Remember last month I started to knit a beanie. Well, it's done. What should have been a quick, easy project turned into quite a saga.
I’ve done quite a bit of knitting over the years, but still only consider myself to be an “advanced novice”.
Just to recap, I was wanting to replicate a beanie I knitted about 30 years ago and sadly lost. This time I wanted to have a go at knitting in the round, as it is something I only did once, back when I was a teenager, so about 40 years ago.
Firstly, I watched a few Youtube videos to work out how to do this. I only had long needles of Mum's, so tried the Magic Loop method and ended up in a mess. We were going to Rylstone, so I bought some pretty shorter needles. That was the best move.
Let's find a pattern. I was going to use some homespun wool that my Dad spun, so not a standard commercial size. Therefore, just grabbing a pattern and working from that wasn't necessarily going to work. I found a great little tutorial which basically taught you how to custom make a beanie to fit you, regardless of the yarn you use. It was just what I needed.
Right, now to cast on. Yep, it looks like I forgot how to count and cast on ten stitches too few, so had to start again.
Second time around, and we were off. Joey did a great job of keeping the knitting at the right height.
I knitted the cuff and started on the checkerboard round and decided that it looked like I really should have cast on more stitches. I tested it against another beanie and other patterns, and decided it was OK, so kept on.
After knitting the checkerboard band I looked at my ball of the main colour and thought I would run out before the beanie was finished. I looked in my box of Dad's wool and there wasn't another ball of that colour and also, everything else was a thicker ply.
I had to wait until I visited Mum to see what she would have. There wasn't anything there in the same thickness either. Most was thicker but there were two colours that were just a wee bit thinner. I decided to work a striped band in those. Here are the two extra colours with the main yarn. It ended up looking quite OK.

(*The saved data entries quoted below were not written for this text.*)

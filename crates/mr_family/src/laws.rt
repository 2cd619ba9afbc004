//! What follows for a family, for callers to cite.
ghost use Rattle.std.specs.Prelude.{◌≡◌, ◌≤◌, ℕ, List, filter, length};
ghost use Rattle.mr_base.specs.Disk.{Image};
ghost use Rattle.mr_iter.specs.Versions.{version_cmp, IsInOrder};
ghost use Rattle.mr_iter.specs.Cursors.{SameFiles};
ghost use Rattle.mr_iter.specs.Snapshots.{at_snapshot};
ghost use Rattle.mr_iter.specs.Newest.{newest, shown_one, is_of};
ghost use Rattle.mr_family.specs.Family.{FamilyState, direction, files, versions, IsWhole, IsTrueTo, IsWarmFor};
ghost use Rattle.mr_levels.specs.Looks.{looked, key_spans, Brings, AreSorted, HasKeyOffence};

use mr_iter::view_has_newest;

/// What a family means is what its own files say.
pub fn families_are_their_files()
    ensures versions { (f : FamilyState) (i j : Image) → SameFiles (files f) i j → versions f i ≡ versions f j }
    ensures whole { (f : FamilyState) (i j : Image) → SameFiles (files f) i j → IsWhole f i → IsWhole f j }
    ensures held { (f : FamilyState) (i j : Image) → SameFiles (files f) i j → IsTrueTo i f → IsTrueTo j f }
{}

/// Its versions are in order, whatever its files have.
pub fn families_are_in_order()
    ensures { (f : FamilyState) (image : Image) → IsInOrder (version_cmp (direction f)) (versions f image) }
{}

/// A cursor at a number shows of a key what a look-up finds, where that is a put.
pub fn look_ups_are_views()
    ensures { (f : FamilyState) (image : Image) (number : ℕ) (key : List ℕ) → filter (is_of key) (at_snapshot number (versions f image)) ≡ shown_one (newest number key (versions f image)) }
{
    view_has_newest();
}

/// No look-up meets damage where the family is whole.
pub fn whole_families_have_no_offence()
    ensures { (f : FamilyState) (image : Image) (key : List ℕ) (file at : ℕ) → IsWhole f image → HasKeyOffence key (looked key f.levels) image file at → ⊥ }
{}

/// A look-up that ends well leaves the family warm for its key, where the blocks in which the key can stand are at most 1,024.
pub fn look_ups_leave_families_warm()
    ensures { (key : List ℕ) (old new : FamilyState) → AreSorted (looked key old.levels) → new.levels ≡ old.levels → Brings key (looked key old.levels) old.cached new.cached → length (key_spans key (looked key old.levels)) ≤ 1024 → IsWarmFor key new }
{}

Next, it was time to shape the crown. Using my calculations for the length of the beanie, I would have to decrease on nearly every row to finish it off, so it ended up fairly flat on the top. Oh, well, it still works.
I finished it on Friday and got to wear it on Saturday. The double band and the extra thickness of the checkerboard kept my ears nice and toasty warm. I was nice and snug in my beanie and my big scarf that I crocheted a few years ago.
So, what is the verdict? It turned out OK. After wearing it, I realised it could have been a bit longer, so I could have made the crown a bit better shaped. I’m not going to worry about fixing it. Where the stripes in the slightly thinner wool are, it tends to bend, but not anything that you notice while wearing it. In hindsight, I could have cast on some more stitches, so the ribbed cuff didn’t have to stretch as much. I did enjoy knitting in the round, once I got started. As I decreased to very few stitches, I had to have another look at a tutorial and use the Magic Loop method. Yes, it worked but I’m still glad I used the shorter needles for the majority of the project. Oh, and I didn’t run out of the main yarn, although I still think I would have if I hadn’t added the extra.
Now I am itching to try another beanie, using commercial yarn and an actual pattern, with a bit of a pattern in the knitting. However, that may not be until next winter.
It looks fantastic Janice despite all your hiccups.
It sure looks nice and cosy. Definitely covering the ears helps.
It certainly looks the part.
Didn't you do well! So nice to make a beanie using your Dad's home spun wool.
A lovely warm result regardless of the dramas along the way.
It looks great and so wonderful to have it made out of your Dads wool...
I think it looks wonderful and warm. As a non-knitter, it all look like yarn-magic to me.